Justice of the Arizona Supreme Court
- In office January 5, 1959 – January 4, 1969
- Preceded by: Dudley W. Windes
- Succeeded by: Jack D. H. Hays

Personal details
- Born: June 2, 1904 St. Louis, Missouri, U.S.
- Died: April 29, 1976 (aged 71) Phoenix, Arizona, U.S.

= Charles C. Bernstein =

American jurist (1904–1976)

Charles C. Bernstein (June 2, 1904 – April 29, 1976) was a justice of the Supreme Court of Arizona from January 5, 1959, to January 4, 1969. He served as chief justice from January 1962 to December 1963, and from January 1967 to December 1967.

==Early life and education==
Born in St. Louis, Missouri, Bernstein received an LL.B. from Southwestern University in Los Angeles in 1929, and was admitted to the Arizona Bar the following year.

==Career==
Bernstein served as Assistant Attorney General for Arizona from 1937 to 1939, and was a Delegate to the Democratic National Convention in 1940 and 1944. From 1946 to 1948, he was secretary of the Democratic State Central Committee.

In 1949 he was appointed as a Superior Court Judge in Arizona, becoming "the first Jewish judge in Arizona history", where he "achieved a national reputation as a juvenile court judge".

He ended barefoot desert marches that were used to punish juvenile offenders at Fort Grant, and served on the Awards Jury for the 1968 Freedom Foundation national and school awards. Judge Bernstein also applied the Kent Decree, a source of basic water law in Arizona, to farmland in Maricopa County, and called the first grand jury in Arizona. He served as chairman of the Charter Review Committee that organized the charter government reform movement in Phoenix.

On May 5, 1954, Bernstein ruled that segregation of African-American students in Phoenix's Wilson Elementary School District was a violation of the 14th Amendment in Heard vs. Davis. At the time, the U.S. Supreme Court was preparing to decide Brown v. Board of Education, and the Supreme Court requested a copy of Judge Bernstein's opinion. On May 17, 1954, the Supreme Court announced its decision in Brown, that the doctrine of "separate, but equal" was unconstitutional.

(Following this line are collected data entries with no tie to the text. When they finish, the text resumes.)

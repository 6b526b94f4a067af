//! The values of an index.
ghost use Rattle.std.specs.Prelude.{◌≡◌, ◌++◌, ◌+◌, ◌<◌, ◌≤◌, ◌^◌, IfOk, OnOk, IsTrue, length, map, min, replicate, slice_index};
ghost use Rattle.std.specs.Bool.{OnTrue};
ghost use Rattle.std.specs.List.{list_any};
ghost use Rattle.std.specs.Str.Parse.{digits_value};
ghost use Rattle.m_fixed.specs.Text.{is_digits, only_digits};
ghost use Rattle.loop_values.specs.declared.values.TheConstants.{MANY};
ghost use Rattle.loop_values.specs.Values as spec;

use itoa::Buffer;
use m_ast::{Index, Span};
use m_places::Name;
use m_places::limits::PARTS;
use std::alloc::{AllocError, Global};

/// One more than the maximal number of parts of a base, and thus too many for a loop too. Counts
/// saturate here.
pub const MANY: u64 = PARTS as u64 + 1;

/// The values of an index, in the order of the source: V, 1, 2 for `i = V, 1..2`. The only error is
/// out of memory.
pub fn index_values(alloc: Global, index: &Index) -> Result<Vec<Name>, AllocError>
    ensures { IfOk result (λ values. values.items ≡ spec.index_values index.now) }
{
    let mut values = Vec::new(alloc);
    for span in index.values.as_slice() {
        push_values(alloc, &mut values, span)?;
    }
    Ok(values)
}

/// The number of values of an index, or `MANY` if it is more.
pub fn index_count(index: &Index) -> u64
    ensures { result ≡ min (length (spec.index_values index.now)) MANY }
{
    let mut count = 0;
    for span in index.values.as_slice() {
        count = (count + span_count(span)).min(MANY);
    }
    count
}

/// Whether an index has a range without values.
pub fn has_bad_span(index: &Index) -> bool
    ensures { result ≡ list_any spec.is_bad_span index.now.values }
{
    for span in index.values.as_slice() {
        if is_bad_span(span) {
            return true;
        }
    }
    false
}

// Appends the values of a span.
fn push_values(alloc: Global, values: &mut Vec<Name>, span: &Span) -> Result<(), AllocError>
    ensures { OnOk result (values.new.items ≡ values.old.items ++ spec.span_values span.now) }
{
    let Some(to) = &span.to else {
        values.push(span.from.copy(alloc)?)?;
        return Ok(());
    };
    let from = span.from.bytes();
    let to = to.bytes();
    if is_whole(from) && is_whole(to) {
        push_numbers(alloc, values, from, to)
    } else if is_capital(from) && is_capital(to) {
        push_letters(alloc, values, from[0], to[0])
    } else {
        Ok(())
    }
}

fn push_numbers(
    alloc: Global,
    values: &mut Vec<Name>,
    from: &[u8],
    to: &[u8],
) -> Result<(), AllocError>
    requires low { IsTrue (only_digits from.now) }
    requires low_short { length from.now ≤ 9 }
    requires high { IsTrue (only_digits to.now) }
    requires high_short { length to.now ≤ 9 }
    ensures { OnOk result (values.new.items ≡ values.old.items ++ spec.numbers_between from.now to.now) }
{
    let low = number(from);
    let behind = number(to) + 1;
    for n in low..behind {
        values.push(number_word(alloc, from.len(), n)?)?;
    }
    Ok(())
}

fn push_letters(alloc: Global, values: &mut Vec<Name>, from: u8, to: u8) -> Result<(), AllocError>
    requires { to ≤ 90 }
    ensures { OnOk result (values.new.items ≡ values.old.items ++ map spec.letter_word (spec.from_to from to)) }
{
    for letter in from..to + 1 {
        values.push(Name::new(alloc, &[letter])?)?;
    }
    Ok(())
}

// The number of values of a span.
fn span_count(span: &Span) -> u64
    ensures count { result ≡ length (spec.span_values span.now) }
    ensures few { result ≤ 1000000000 }
{
    let Some(to) = &span.to else {
        return 1;
    };
    let from = span.from.bytes();
    let to = to.bytes();
    if is_whole(from) && is_whole(to) {
        numbers_count(from, to)
    } else if is_capital(from) && is_capital(to) {
        letters_count(from[0], to[0])
    } else {
        0
    }
}

fn numbers_count(from: &[u8], to: &[u8]) -> u64
    requires low { IsTrue (only_digits from.now) }
    requires low_short { length from.now ≤ 9 }
    requires high { IsTrue (only_digits to.now) }
    requires high_short { length to.now ≤ 9 }
    ensures count { result ≡ length (spec.numbers_between from.now to.now) }
    ensures few { result ≤ 1000000000 }
{
    (number(to) + 1).saturating_sub(number(from))
}

fn letters_count(from: u8, to: u8) -> u64
    requires { to ≤ 90 }
    ensures count { result ≡ length (map spec.letter_word (spec.from_to from to)) }
    ensures few { result ≤ 91 }
{
    (to + 1).saturating_sub(from) as u64
}

// Whether a span has no values.
fn is_bad_span(span: &Span) -> bool
    ensures { result ≡ spec.is_bad_span span.now }
{
    span_count(span) == 0
}

/// Whether a word consists of one digit or more.
pub fn is_digits(word: &[u8]) -> bool
    ensures { result ≡ is_digits word.now }
{
    only_digits(word) && word.len() > 0
}

fn only_digits(word: &[u8]) -> bool
    ensures { result ≡ only_digits word.now }
{
    word.iter().all(|byte| byte.is_ascii_digit())
}

// Whether a word consists of one to nine digits.
fn is_whole(word: &[u8]) -> bool
    ensures test { result ≡ spec.is_whole word.now }
    ensures short { OnTrue result (length word.now ≤ 9) }
    ensures digits { OnTrue result (IsTrue (only_digits word.now)) }
{
    is_digits(word) && word.len() <= 9
}

// Whether a word is one letter from A to Z.
fn is_capital(word: &[u8]) -> bool
    ensures test { result ≡ spec.is_capital word.now }
    ensures one { OnTrue result ((length word.now ≡ 1) × (slice_index word.now 0 ≤ 90)) }
{
    match word {
        [letter] => *letter >= b'A' && *letter <= b'Z',
        _ => false,
    }
}

/// The number that at most twelve digits denote.
pub fn number(word: &[u8]) -> u64
    requires digits { IsTrue (only_digits word.now) }
    requires short { length word.now ≤ 12 }
    ensures value { result ≡ digits_value 10 word.now }
    ensures below { result < 10 ^ length word.now }
{
    let mut number = 0;
    for byte in word {
        number = number * 10 + (*byte - b'0') as u64;
    }
    number
}

// A number, padded with zeros to at least `width` digits.
fn number_word(alloc: Global, width: usize, n: u64) -> Result<Name, AllocError>
    ensures { IfOk result (λ word. word ≡ spec.number_word width n) }
{
    let mut buffer = Buffer::new();
    let text = buffer.format(n).as_bytes();
    let mut word = Vec::new(alloc);
    if text.len() < width {
        push_zeros(&mut word, width - text.len())?;
    }
    word.extend_from_slice(text)?;
    Name::new(alloc, word.as_slice())
}

fn push_zeros(word: &mut Vec<u8>, count: usize) -> Result<(), AllocError>
    ensures { OnOk result (word.new.items ≡ word.old.items ++ replicate count 48) }
{
    for _ in 0..count {
        word.push(b'0')?;
    }
    Ok(())
}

Bernstein was elected to the Supreme Court of Arizona in 1958, taking office the following January.

In 1967, Bernstein and Governor Jack Williams, called a citizens' conference on Arizona courts, which resulted in a permanent organization called The Citizens' Association on Arizona Courts, "whose primary goal was the establishment of a system for the merit selection of judges." In 1974, Arizona passed a constitutional amendment providing for the merit selection of judges, except superior court judges in counties with a population of 150,000 or more.

Bernstein died in Phoenix, Arizona.

==Publications==
- Disposition of Civil Appeals in the Supreme Court, 5 Ariz.L.Rev. 175 (Spring 1964).